Jennifer Berkshire: We know from polls that there is almost no single issue that unites people across party lines in opposition like book banning. That it is incredibly unpopular, and at a time when we don't really agree on anything, that's pretty remarkable. I do think that that has had an effect. I'll give you an example. When a parent's bill of rights came up in Congress earlier this summer, you saw congressional Republicans racing to get away from the idea that it was basically an embrace of book banning, but you still see all kinds of efforts at the state and local level to limit access to particular books.
Right now, the kind of organized efforts is to have parents show up at school board meetings and read passages from books and then demand that the books be pulled off of shelves right away.
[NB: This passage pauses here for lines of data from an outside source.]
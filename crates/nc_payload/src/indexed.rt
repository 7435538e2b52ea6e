//! Many steps of elements of one parent, with an order in which they are looked up.
ghost use Rattle.std.specs.Prelude.{◌≡◌, ◌==◌, ◌&&◌, ◌↔◌, ◌∷◌, ◌++◌, [], not, IsTrue, IfOk};
ghost use Rattle.std.specs.List.{list_any};
ghost use Rattle.nc_names.specs.Same as same;
ghost use Rattle.nc_schema.specs.Standing as standing;
ghost use Rattle.nc_payload.specs.inner.Earlier as meant;
ghost use Rattle.nc_payload.specs.inner.Earlier.{AddsNumber, AddsSought, AddsStep};

use nc_names::{Copies, Many, Memory, Step};
use nc_schema::{Case, Node, Schema};
use std::alloc::Global;
use std::collections::BTreeSet;
use std::marker::Model;

/// Steps in the order in which they came, with the numbers of their nodes, and a set of those that are looked
/// up: of each, or of those without keys. Contracts see their list.
#[derive(Drop)]
pub(crate) struct Indexed {
    each: bool,
    list: Many<Step>,
    steps: BTreeSet<Step>,
    numbers: Many<u32>,
}

impl Model for Indexed {
    ghost use Rattle.std.specs.Prelude.{List};
    ghost use Rattle.nc_names.specs.declared.path.Step.{Step};
    ghost use Rattle.nc_payload.specs.inner.Earlier.{AreNumbersOf, AreSought};

    ghost Value = { List Step };

    ghost view = { λ e. e.list };

    ghost invariant = { λ e. AreSought e.each e.list e.steps × AreNumbersOf e.list e.numbers };
}

fn has_number(numbers: &Many<u32>, number: u32) -> bool
    ensures { result ≡ list_any (λ other. other == number) numbers.now }
{
    numbers.as_slice().iter().any(|other| *other == number)
}

fn is_same(step: &Step, other: &Step) -> bool
    ensures { result ≡ same.is_same_step step.now other.now }
{
    step == other
}

/// Whether a step is among those of a list, which is gone over.
pub(crate) fn is_among(list: &Many<Step>, step: &Step) -> bool
    ensures { result ≡ list_any (λ other. same.is_same_step other step.now) list.now }
{
    list.as_slice().iter().any(|other| is_same(other, step))
}

// The numbers with one more, unless it is there.
fn with_number(numbers: Many<u32>, number: u32) -> Result<Many<u32>, Memory>
    ensures { IfOk result (λ it. AddsNumber numbers it number) }
{
    if has_number(&numbers, number) {
        return Ok(numbers);
    }
    let mut numbers = numbers;
    numbers.push(number)?;
    Ok(numbers)
}

// The set with a step more.
#[tactic(auto, using(crate::proofs::EarlierLemmas::step_added))]
fn with_step(steps: BTreeSet<Step>, step: &Step) -> Result<BTreeSet<Step>, Memory>
    ensures { IfOk result (λ it. AddsStep steps it step.now) }
{
    let mut steps = steps;
    steps.insert(step.copy()?)?;
    Ok(steps)
}

// Whether a step is looked up: each one, or those without keys, as of leafs.
fn is_sought(each: bool, step: &Step) -> bool
    ensures { result ≡ meant.is_sought each step.now }
{
    each || step.keys.is_empty()
}

// The set with a step more, if that is looked up.
fn with_sought(each: bool, steps: BTreeSet<Step>, step: &Step) -> Result<BTreeSet<Step>, Memory>
    ensures { IfOk result (λ it. AddsSought each steps it step.now) }
{
    if is_sought(each, step) {
        let added = with_step(steps, step)?;
        return Ok(added);
    }
    Ok(steps)
}

fn differs(one: &Case, others: &Many<Case>) -> bool
    ensures { result ≡
        list_any (λ other. one.now.choice == other.choice && not (one.now.case == other.case)) others.now }
{
    others.as_slice().iter().any(|other| one.choice == other.choice && one.case != other.case)
}

fn cases_differ(some: &Many<Case>, others: &Many<Case>) -> bool
    ensures { result ≡ standing.cases_differ some.now others.now }
{
    some.as_slice().iter().any(|one| differs(one, others))
}

/// Whether a node belongs to another case of a choice than the node beside it.
#[tactic(auto, using(crate::proofs::Naming::none_differ))]
pub(crate) fn is_of_other_case(schema: &Schema, node: &Node, other: u32) -> bool
    ensures { result ≡ standing.cases_differ node.now.cases (standing.cases_of schema.now other) }
{
    match schema.node(other) {
        Some(found) => cases_differ(&node.cases, &found.cases),
        None => false,
    }
}

fn is_any_of_other_case(schema: &Schema, node: &Node, numbers: &Many<u32>) -> bool
    ensures { result ≡ list_any
        (λ other. standing.cases_differ node.now.cases (standing.cases_of schema.now other)) numbers.now }
{
    numbers
        .as_slice()
        .iter()
        .any(|other| is_of_other_case(schema, node, *other))
}

impl Indexed {
    /// No steps; whether each further one is looked up, or those without keys. It takes no memory.
    pub(crate) fn new(alloc: Global, each: bool) -> Indexed
        ensures { result ≡ [] }
    {
        Indexed {
            each,
            list: Many::new(alloc),
            steps: BTreeSet::new(alloc),
            numbers: Many::new(alloc),
        }
    }

    /// Whether there is none.
    pub(crate) fn is_empty(&self) -> bool
        ensures { IsTrue result ↔ (self.now ≡ []) }
    {
        self.list.is_empty()
    }

    /// The steps with one more, the last.
    pub(crate) fn with(self, step: Step) -> Result<Indexed, Memory>
        ensures { IfOk result (λ it. it ≡ self ++ step ∷ []) }
    {
        let Indexed {
            each,
            list,
            steps,
            numbers,
        } = self;
        let numbers = with_number(numbers, step.node)?;
        let steps = with_sought(each, steps, &step)?;
        let mut list = list;
        list.push(step)?;
        Ok(Indexed {
            each,
            list,
            steps,
            numbers,
        })
    }

    /// Whether a step is among them.
    pub(crate) fn has(&self, step: &Step) -> bool
        ensures { result ≡ list_any (λ other. same.is_same_step other step.now) self.now }
    {
        if is_sought(self.each, step) {
            return self.steps.contains(step);
        }
        is_among(&self.list, step)
    }

    /// Whether one of them leads to a node of another case than a node beside it.
    pub(crate) fn has_other_case(&self, schema: &Schema, node: &Node) -> bool
        ensures { result ≡ list_any
            (λ other. standing.cases_differ node.now.cases (standing.cases_of schema.now other.node))
            self.now }
    {
        if node.cases.is_empty() {
            return false;
        }
        is_any_of_other_case(schema, node, &self.numbers)
    }
}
Brooke Gladstone: Even though Moms for Liberty's preferred candidates lost in November, and the press sees a dim future for the group. You think the obits are premature. Why?
Jennifer Berkshire: Because we are judging the success or failure of Moms for Liberty by the wrong metric. We're looking at how they faired in school board elections and saying, "Hey, look, their candidates keep losing. That means they're a dud." What my co-author and I argue, is that Moms for Liberty is really part of a broader ecosystem that's aimed at sewing distrust in our public schools. That effort has had enormous success.
I would point you to something like recent Gallup polling. We know, it's no secret that American trust and institutions has plummeted across the board, but something like only 26% of Americans say that they have faith in public schools. Among Republicans, it's even lower, it's 14%. Groups like Moms for Liberty have played a huge part in exacerbating the erosion of that trust.
Brooke Gladstone: In fact, you've observed that even their electoral losses have an upside because every time there's a headline like progressives' sweep to power in school board elections, it suggests that public schools are partisan institutions.
Jennifer Berkshire: That's really the goal in these campaigns, is to send a message that we cannot agree on anything anymore, and that that's reflected at every level of what our schools teach. Let's go with school privatization, with school vouchers, with what are called education savings account. I'll go to my red school, you go to your blue school, and we'll just live our separate lives.
The more we see the headlines and the constant fighting over what gets taught and who gets to decide, the more it plays into this larger narrative that schools have become partisan and that the goal is actually to take them back and make them partisan in a different direction.
Brooke Gladstone: Here's what partly confuses me. You have these electoral losses, but you have Tiffany Justice, a co-founder of Moms for Liberty, recently saying that they're just getting started. The group's ramping up for 2024.
Jennifer Berkshire: They're not losing all of their elections. They're still winning a quarter of a time. If you are on the right, you are fed a steady diet of school-related outrage stories. I'm on mailing lists for a number of these publications, so all day long I get alerts. It could be about oppression Olympics or some teacher refusing to let parents know about pronouns. Now it's about the Middle East. You have this really, really energized base for whom these issues are a priority.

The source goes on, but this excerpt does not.